Q. What do you hear about the reasons people are so vulnerable, finding themselves without homes or enough to eat?

A. There isn’t a big enough safety net for people who have a mental illness, or don’t get the paycheck they need to pay the rent. One sad story is of a couple who couldn’t pay the rent and lost their children. They were living in a tent and trying to get money for an apartment so they could get their kids back.

Q. So it can be heart wrenching.

A. Something like that is very difficult. We can’t just give them money. I balance this with all of the good we can do, all of the people we can help. And I realize that God is with every one of these people. We can’t do it all.

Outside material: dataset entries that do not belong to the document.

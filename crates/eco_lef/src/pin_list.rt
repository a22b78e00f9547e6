//! The pins of a macro, whose names stand once.

use crate::master::MasterPin;
use crate::names::{Names, add_name, has_name};
use sqlite_items::Items;
use std::alloc::{AllocError, Global};
use std::collections::HashMap;
use std::marker::Model;

/// Pins in order, and their names.
#[derive(Drop)]
pub struct PinList {
    pins: Items<MasterPin>,
    names: Names,
}

impl Model for PinList {
    ghost use Rattle.std.specs.Prelude.{List};
    ghost use Rattle.eco_lef.specs.Known.{AreNames, pin_names};
    ghost use Rattle.eco_lef.specs.declared.master.MasterPin.{MasterPin};

    ghost Value = { List MasterPin };

    ghost view = { λ l. l.pins };

    ghost invariant = { λ l. AreNames l.names (pin_names l.pins) };
}

impl PinList {
    ghost use Rattle.std.specs.Prelude.{◌≡◌, [], ◌∷◌, ◌++◌, IfOk};
    ghost use Rattle.eco_common.specs.NameBytes.{is_among};
    ghost use Rattle.eco_lef.specs.Known.{pin_names};

    pub fn new(alloc: Global) -> PinList
        ensures { result ≡ [] }
    {
        PinList {
            pins: Items::new(alloc),
            names: HashMap::new(alloc),
        }
    }

    /// Whether a pin has this name.
    pub fn has(&self, name: &[u8]) -> bool
        ensures { result ≡ is_among (pin_names self.now) name.now }
    {
        has_name(&self.names, name)
    }

    /// The pins with one more.
    pub fn with(self, alloc: Global, pin: MasterPin) -> Result<PinList, AllocError>
        ensures { IfOk result (λ l. l ≡ self ++ pin ∷ []) }
    {
        let PinList {
            mut pins,
            mut names,
        } = self;
        add_name(alloc, &mut names, pin.name.bytes(), pins.len())?;
        pins.push(pin)?;
        Ok(PinList { pins, names })
    }

    pub fn into_items(self) -> Items<MasterPin>
        ensures { result ≡ self }
    {
        let PinList { pins, names: _ } = self;
        pins
    }
}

It’s only through the mercy of God that we reach the people we do, because it’s Him who is going and giving.

Q. If someone is thinking about joining either of these ministries, what would you tell them?

A. I always say to people, “Until I did this, I didn’t realize what I was missing out on. So don’t wait to do it one of these days.’ Just come do it once! Come try it. It may be something you love, or you’ll discover that you want to do something else. Just come try it!

Q. How do people find out more about all of these ministries?

A. Anybody is welcome to come talk to me. I am the Deacon for the Cathedral, and that means for everybody at the Cathedral. So I want to get to know people. My job is to bring the needs of the world to the church, and the church to the world. And I can’t do it alone. None of us can. So just say, “I’m interested. Let’s talk about it. Tell me what’s involved.” I can tell you that I am fed myself by this—I get so much back.